# Control de tono de 2 vias probado



## jcs110903 (Sep 30, 2011)

Este circuito es de fácil construcción, los integrados que utiliza con de bajo costo, se trata de 2 operacionales dobles similares a la LM 358, 082, 072, 1458, 4558, etc. Con un consumo de 70mA a 100mA y una tensión de simética de 12v. Es decir que no hace falta amplificar la corriente de los zener. Le recomiendo si vas a soldar con pistola calentar la misma fuera del impreso y luego soldar para evitar levantar las venas o que el campo magnético dañe el integrado. Se pueden usar dos integrados diferentes ya que cada uno trabaja la mitad para cada canal buscando que los dos canales se oigan parejo, porque no todos los integrados trabajan igual.




PCB



Conponentes en la placa


----------



## yuccez (Oct 3, 2011)

dos tonos??? agudos y graves me imagino


----------



## jcs110903 (Oct 4, 2011)

si positivo control de bajos y agudos es muy bueno y tiene una ganacia 1: 10 saludos jorge si tienes alguna duda me lo informas y yo te ayudo


----------



## Mandrake (Oct 4, 2011)

jcs110903 dijo:


> . . . Le recomiendo si vas a soldar con pistola calentar la misma fuera del impreso y luego soldar para evitar levantar las venas o *que el campo magnético dañe el integrado* . . .

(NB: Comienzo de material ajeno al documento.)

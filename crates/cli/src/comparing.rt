//! Comparisons of the verdicts by what two stores hold.
ghost use Rattle.std.specs.Prelude.{◌≡◌, IfErr, IfOk};
ghost use Rattle.std.specs.Io.KnownBytes.{Appends};
ghost use Rattle.cli_answers.specs.AnswerText.{comparison_line};
ghost use Rattle.cli_failures.specs.Report.{UnlessLate};
ghost use Rattle.cli_words.specs.QueryTexts.{seen_words};
ghost use Rattle.cli.specs.Checked.{FailsToCompare, IsCompared, IsFailureOfComparison};
ghost use Rattle.cli.specs.Host.{host};

use crate::at_path::{AtPaths, StorePair};
use crate::writing::write_comparison;
use cli_failures::{Failure, Source};
use cli_steps::ask_believing;
use cli_store::Stores;
use cli_words::QueryWords;
use relying_agreement::Comparison;
use sqlite_disk::Disk;
use std::alloc::Global;
use std::io::Write;
use std::marker::PhantomData;
use store::Store;

// The comparison that the words ask for.
fn compare_verdicts<'a, D: Disk + Drop, S: Source + Stores<Store<D>>>(
    source: &S,
    alloc: Global,
    stores: StorePair<'a>,
    verdicts: &'a str,
    query: &QueryWords<'a>,
) -> Result<Comparison, Failure<'a>>
    ensures compared { IfOk result (IsCompared (host S.holds S.places source.now)
        stores.entry verdicts.entry.now (seen_words query.now)) }
    ensures fails { IfErr result
        (IsFailureOfComparison (host S.holds S.places source.now)
        stores.entry verdicts.entry.now (seen_words query.now)) }
{
    let mut stores: AtPaths<'a, '_, D, S> = AtPaths {
        source,
        stores,
        disk: PhantomData,
    };
    ask_believing(&mut stores, source, alloc, verdicts, query)
}

/// Writes whether the store and the other give the same verdict on the path that the words name, and the verdict; else both, and the
/// least certificate of which the two hold something different.
pub fn compare<'a, D: Disk + Drop, S: Source + Stores<Store<D>>, O: Write>(
    source: &S,
    alloc: Global,
    stores: StorePair<'a>,
    verdicts: &'a str,
    query: &QueryWords<'a>,
    out: &mut O,
) -> Result<Comparison, Failure<'a>>
    ensures compared { IfOk result (IsCompared (host S.holds S.places source.now)
        stores.entry verdicts.entry.now (seen_words query.now)) }
    ensures written { IfOk result (λ comparison.
        Appends (O.contents out.old) (O.contents out.new) (comparison_line comparison)) }
    ensures fails { IfErr result (FailsToCompare (host S.holds S.places source.now)
        stores.entry verdicts.entry.now (seen_words query.now)
        (O.contents out.old) (O.contents out.new)) }
    ensures quiet { IfErr result (λ failure. UnlessLate failure (out.new ≡ out.old)) }
{
    let comparison = compare_verdicts(source, alloc, stores, verdicts, query)?;
    match write_comparison(comparison, out) {
        Ok(()) => Ok(comparison),
        Err(_) => Err(Failure::Unwritable),
    }
}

¿Estas vendiendo fruta?. Es el calor excesivo de una pistola de soldar, que puede dañar el chip de los integrados.

Utilice mejor un cautin de 60W y aplique rapidamente la soldadura.


----------



## reMixer (Jun 17, 2018)

Usar una base de 8 pines tambien ayuda a no jorobar el integrado con el calor.
A propósito, por favor, conocen algun control de tono de 2 vias similar a este pero con fuente simple?
Es para un amplificador portatil, el pcb lo diseño yo. Gracias


----------



## pandacba (Jun 18, 2018)

Es muy simple, podes hacerlo de varias maneras, una de ellas creando una masa virtual
Es una de las formas más simples y que funciona correctamente





Esta es otra forma trabaja bien, necesita capacitores de buena capacidad(ya que es de media onda) 
Hay otra opción   con un operacional y dos transistores, pero no tengo a mano el esquema


----------



## antoito (Jun 18, 2018)

Podría estar interesado, pero...
¿Cuál sería el aumento/disminución de db del controll de tonos?.
Parece que el pcb tiene  mas componentes que el esquema, ¿Podrías poner el pcb real al esquema y numerar los componentes?.
gracias.


----------



## DOSMETROS (Jun 18, 2018)

antoito dijo:


> ¿Cuál sería el aumento/disminución de db del controll de tonos?.





jcs110903 dijo:


> control de bajos y agudos es muy bueno y tiene una ganacia 1: 10


 
Yo veo un componente mas por canal , además de las dos resistencias y los zeners de la alimentación que son lógicas


----------



## antoito (Jun 21, 2018)

Bueno, llevo toda la mañana con el esquema y el PCB y hay cosas que no capto, ya estoy mareado de tanto analizar. Será la edad.
En el esquema no figura la unión desde la patilla 7 del integrado al punto de unión de las resistencias de 10K y 22K, cosa que sí figura en el PCB.
Quizás la salida del integrado, pata 6, sea un puente y no una resistencia, ya que sólo está unida a la resistencia de 33K, en el PCB, cuando debería de estar unida, además, al condensador de 2,2 nf.
No aprecio utilidad alguna en los dos zener y sus resistencias, ya que se supone que se alimentará directamente de la fuente del previo, además no figuran en el esquema.
Ruego analicen mis comentarios, ya que estoy interesado en su realización, para un mini-previo de lámparas que tengo.


----------



## pandacba (Jun 21, 2018)

Si falta la unión de las dos R a la salida del operacional en el esquema pero esta correcto en el pcb? cuál es el problema?
Estas viendo muy mal la salida del pin 6 pasa por debjajo de la Rde 47k que va a masa y al pin5 luego se ve  una resistencia horizontal hacia la izquierda eso si es un puente y llega la unión de la R de 33K y de C de 2n2...
Si te da tanto trabajo porque no buscas otro? hay millones en el foro y en la red


----------



## antoito (Jun 21, 2018)

Gracias por tu interés.
Lógicamente me iré a otro sitio a buscar otro.
Leyendo la contestación anterior y ésta, ya maliciaba que algo así sería la contestación-respuesta-ayuda por vuestra parte.
Por cierto, en el PCB del pin 6 sólo sale a una sóla resistencia.
Una y no más, Santo Tomás.


----------



## reMixer (Jun 21, 2018)

Si no hay sonido a la salida, tal vez el voltaje de referencia en una de las entradas del op-amp, no esta recibiendo la tensión debida. Una vez me paso eso, con una fuente simple y una pcb universal, no hacia contacto y no sonaba, me volvi loco midiendo y buscando.


----------